1968年(昭和43年)からは交流周波数50/60Hz両対応の485系電車が製造された。

外観は、東海道本線全線電化に伴い登場した20系電車(こだま形電車)の流れを受けている。

20系は1959年(昭和34年)の車両称号規程改正で151系電車に改称された。その特徴は何と言っても高速運転用に視界を確保するための高い位置に設けられた運転台、騒音発生源を客室から隔離するために機器類を搭載するボンネットであった。

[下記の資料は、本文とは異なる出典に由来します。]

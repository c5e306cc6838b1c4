ghost use Rattle.std.specs.Prelude.{◌≡◌, MatchResult, map, ◌∷◌, []};
ghost use Rattle.oat_programs.specs.{program_limit, Works, answer_in, StopsWith};
ghost use Rattle.oat_room_program.specs.Build.{Builds, Compiles};

use oat_build::{BuildFault, build};
use oat_check::Checked;
use oat_image::print_image;
use oat_page::{Ended, File, Page, Pieces, Stop, Whole};
use oat_programs::{checked_of, too_large};
use std::alloc::Global;

/// The text of an image of the program, or why there is none.
fn image_page(alloc: Global, file: &File, checked: &Checked) -> Result<Page<Whole>, Stop>
    ensures { Works ⟦<Whole as Pieces>⟧.text (Compiles file.now checked.now) result }
{
    match build(alloc, checked) {
        Ok(shaped) => Ok(Page {
            ended: Ended::Done,
            pieces: Whole::of(print_image(alloc, shaped.image())?),
            err: Vec::new(alloc),
        }),
        Err(BuildFault::CodeTooLarge(words)) => Err(too_large(alloc, file.name(), words)?),
        Err(BuildFault::Memory) => Err(Stop::Starved),
    }
}

/// Compiles the program of the file into an image.
pub fn build_program(alloc: Global, files: &[File]) -> Result<Page<Whole>, Stop>
    requires { map (λ file. file.limit) files.now ≡ program_limit ∷ [] }
    ensures { Works ⟦<Whole as Pieces>⟧.text (Builds files.now) result }
{
    let program = &files[0];
    let checked = checked_of(alloc, program)?;
    image_page(alloc, program, &checked)
}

しかし、1972年(昭和47年)以降製造の後期形クハ481系は同時期に登場した183系電車同様のデザインに変更され乗車定員が増えている。

今回、鉄道博物館で運転室が公開されるクハ481形電車は初期型で、懐かしい先頭部のボンネットスタイルと高い位置にある運転室という特徴をそのまま残している。

○運転室公開概要

■展示場所 ヒストリーゾーン1階 クハ481形式(485系)電車

■展示期間 2017年2月15日(水)〜4月17日(月) ※休館日を除く

■展示時間 平日14:00〜15:00 土休日12:30〜13:30

■その他

・車内へは1組3分の入替制
・各回先着20組

私事で恐縮だが筆者は関西生まれで2歳から東京で育った。父母の実家が関西にあるため子供の頃は、年に数回東京〜大阪を往復した。物心ついてから新幹線の登場する1964年(昭和39年)までは、このボンネット型の151系電車で往復した。だから実質的にデザインの同じ481形電車には愛着がある。

暖かくなったら鉄道博物館に行きたいが、日に限定20組なので、寒い時期の平日が狙い目かもしれない。